Datasets / RDF graphs /contexts syntax

Values of the graphs key consists in an ordered list of records that are processed in the supplied order. The following key is mandatory in every record:

  • dataset - Mandatory name for this record. If file, url, zenodo or update are supplied, target_context will be created as a RDF named graph/context by concataining <dataset_base_IRI> and <dataset>. A list datasets to update can be supplied to kgsteard with the -d option.

At least one of the following keys should be supplied in every record. Note that they will always be executed in order target_context, system, url, file, zenodo, update. For a different order, use two datasets and a parent dependency.

  • target_context An optional RDF named graph/context that will overwrite the default one produced by concataining <dataset_base_IRI> and <dataset>. not yet implemented
target_context: http://www.example.com/context/mytestcontext
  • system - A list of system command. This is a simple convenience provided by kgsteward which is not meant to be a replacement for serious make-like system (as git/dvc).
system:
  - rapper -c -i turtle input.ttl
  • file - Optional list of files containing RDF data. Wild card "*" can be used. The strategy to load the files depends on the use_file_server Boolean value.
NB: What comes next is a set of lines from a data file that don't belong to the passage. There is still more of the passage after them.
//! Recipes read from their texts.

ghost use Rattle.std.specs.Prelude.{◌≡◌, true, None, Some, Ok, IfErr, IfOk, IsTrue};
ghost use Rattle.std.specs.Prelude.{MatchResult, map};
ghost use Rattle.std.specs.List.{list_all};
ghost use Rattle.toml.specs.View.{view, table_view};
ghost use Rattle.recipe_files.specs.Documents.{TellsFault, document, text_says, text_test};
ghost use Rattle.recipe_files.specs.Faults.{Reads};
ghost use Rattle.recipe_files.specs.InputNames.{is_input_name};
ghost use Rattle.recipe_files.specs.RecipeItems.{AreItemsOf};
ghost use Rattle.recipe_files.specs.RecipeTexts.{body_in, body_test, driver_test, drivers_test};
ghost use Rattle.recipe_files.specs.RecipeTexts.{items_test, recipe_in, recipe_test, recipe_text};
ghost use Rattle.recipe_files.specs.RecipeTypes.{body_seen};
ghost use Rattle.recipe_files.specs.Recipes.{IsBodyOf};
ghost use Rattle.recipe_files.specs.Values.{entries_seen, text_of};

use crate::document::{read_document, told};
use crate::faults::{Fault, FileFault, Stop};
use crate::items::read_items;
use crate::keys::Key;
use crate::limits::{MAX_DRIVERS, MAX_ITEMS};
use crate::recipe_values::{bytes_at, input_at, input_of, list_or_none};
use crate::values::{guid_at, number_at};
use crate::{Recipe, RecipeBody, RecipeItems};
use capsule_grammar::is_fmp_guid;
use cu_base::{Names, Text};
use std::alloc::Global;
use toml::value::Array;
use toml::{Table, Value};

/// The driver that an entry of the list names.
#[tactic(auto, unfolding(crate::specs::RecipeTexts::driver_test))]
fn driver_of(entry: &Value) -> Result<&str, Fault>
    ensures { MatchResult result
        (λ name. (driver_test (view entry.now) ≡ None) × (text_of (view entry.now) ≡ name.now)
        × IsTrue (is_input_name name.now))
        (λ fault. driver_test (view entry.now) ≡ Some fault) }
{
    input_of(entry, Key::Drivers)
}

/// The drivers of a list.
#[tactic(auto, using(crate::proofs::RecipeFaults::drivers_test_is, crate::proofs::RecipeFaults::named_more))]
fn read_drivers(alloc: Global, list: &Array) -> Result<Names, Stop>
    ensures { Reads (drivers_test (map view list.now.items))
        (λ drivers. (drivers.items ≡ map text_of (map view list.now.items))
        × IsTrue (list_all is_input_name drivers.items))
        result }
{
    let mut drivers = Names::new(alloc);
    for entry in list {
        drivers.push(Text::from_str(alloc, driver_of(entry)?)?)?;
    }
    Ok(drivers)
}

/// The drivers of a list, and none where there is no list.
#[tactic(auto, unfolding(crate::specs::RecipeTexts::drivers_test))]
fn drivers_of(alloc: Global, list: Option<&Array>) -> Result<Names, Stop>
    ensures { Reads (drivers_test (entries_seen list.entry))
        (λ drivers. (drivers.items ≡ map text_of (entries_seen list.entry))
        × IsTrue (list_all is_input_name drivers.items))
        result }
{
    match list {
        Some(list) => read_drivers(alloc, list),
        None => Ok(Names::new(alloc)),
    }
}

/// The items of a list, and none where there is no list.
#[tactic(auto, unfolding(crate::specs::RecipeTexts::items_test))]
fn items_of(alloc: Global, list: Option<&Array>) -> Result<RecipeItems, Stop>
    ensures { Reads (items_test (entries_seen list.entry)) (AreItemsOf (entries_seen list.entry))
        result }
{
    match list {
        Some(list) => read_items(alloc, list),
        None => Ok(RecipeItems::new(alloc)),
    }
}

/// The body of an FMP capsule in a document.
#[tactic(auto, using(crate::proofs::RecipeFaults::fmp_test_is))]
fn read_fmp(alloc: Global, table: &Table) -> Result<RecipeBody, Stop>
    ensures { Reads (body_test true (table_view table.now))
        (λ body. (body_seen body ≡ body_in true (table_view table.now))
        × IsBodyOf true (body_seen body))
        result }
{
    let driver_list = list_or_none(table, Key::Drivers, MAX_DRIVERS)?;
    let drivers = drivers_of(alloc, driver_list)?;
    let item_list = list_or_none(table, Key::Item, MAX_ITEMS)?;
    let items = items_of(alloc, item_list)?;
    Ok(RecipeBody::Fmp { drivers, items })
}

/// The body in a document, which is that of an FMP capsule exactly where `is_fmp` says so.
#[tactic(auto, unfolding(crate::specs::RecipeTexts::body_test, crate::specs::Tests::key_test))]
fn read_body(alloc: Global, table: &Table, is_fmp: bool) -> Result<RecipeBody, Stop>
    ensures { Reads (body_test is_fmp (table_view table.now))
        (λ body. (body_seen body ≡ body_in is_fmp (table_view table.now))
        × IsBodyOf is_fmp (body_seen body))
        result }
{
    if is_fmp {
        return read_fmp(alloc, table);
    }
    let name = input_at(table, Key::Body)?;
    Ok(RecipeBody::Other(Text::from_str(alloc, name)?))
}

/// The recipe of a document.
#[tactic(auto, using(crate::proofs::RecipeFaults::recipe_test_is), unfolding(crate::specs::RecipeTexts::recipe_in))]
fn read_table(alloc: Global, table: &Table) -> Result<Recipe, Stop>
    ensures { Reads (recipe_test (table_view table.now))
        (λ recipe. recipe ≡ recipe_in (table_view table.now))
        result }
{
    let guid = guid_at(table, Key::CapsuleGuid)?;
    let flags = number_at(table, Key::Flags, 0, u64::from(u32::MAX))? as u32;
    let ext = bytes_at(alloc, table, Key::Ext)?;
    let body = read_body(alloc, table, is_fmp_guid(&guid))?;
    Ok(Recipe {
        guid,
        flags,
        ext,
        body,
    })
}

fn read_text(alloc: Global, bytes: &[u8]) -> Result<Recipe, Stop>
    ensures { Reads (text_test recipe_test (document bytes.now))
        (λ recipe. text_says recipe_test recipe_in (document bytes.now) ≡ Ok recipe)
        result }
{
    let table = read_document(alloc, bytes)?;
    read_table(alloc, &table)
}

/// The recipe of a text. A text that is refused is told as `Bad`, with the first fault in the order
/// of the keys and of the tables, and the plain name of its key: `BadToml` where the bytes are no
/// document that `toml` accepts; `MissingKey`, `WrongKind`, `OutOfRange` and `BadGuid` at a key.
/// Unknown keys are ignored: `body` where the GUID is that of FMP capsules (UEFI 2.10, 23.3.2),
/// `drivers` and `item` where it is another. `Memory` is told where memory ran out.
#[tactic(auto, using(crate::proofs::Documents::told))]
pub fn read_recipe(alloc: Global, bytes: &[u8]) -> Result<Recipe, FileFault>
    ensures ok { IfOk result (λ recipe. recipe_text bytes.now ≡ Ok recipe) }
    ensures refused { IfErr result (TellsFault (recipe_text bytes.now)) }
{
    match read_text(alloc, bytes) {
        Ok(recipe) => Ok(recipe),
        Err(stop) => Err(told(alloc, stop)),
    }
}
With GraphDB, if use_file_server is false there might be a maximum file size (200 MB by default (?)) and compressed files may not be supported. With use_file_server set to true these limitations are overcomed, but see the security warning described above.

  • url - Optional list of url from which to load RDF data

  • zenodo - Fetch turtle files from zenodo. This is a completely ad hoc command developped for ENPKG (), that would deserve to be better implemented/documented.

  • update - Optional list of SPARQL updates command. Each list item is either a filename, or a record with two keys file and replace.

  • source A YAML file with the syntax described here. This has only been tested with the graphs key. This proved useful to sepparate server-specfic parameters in the outer YAML file, and datasets content in in the inner YAML file.

  • parent A comma-separated list of dataset to encode dependency between datasets. Updating the parent datset will provoke the update of its children.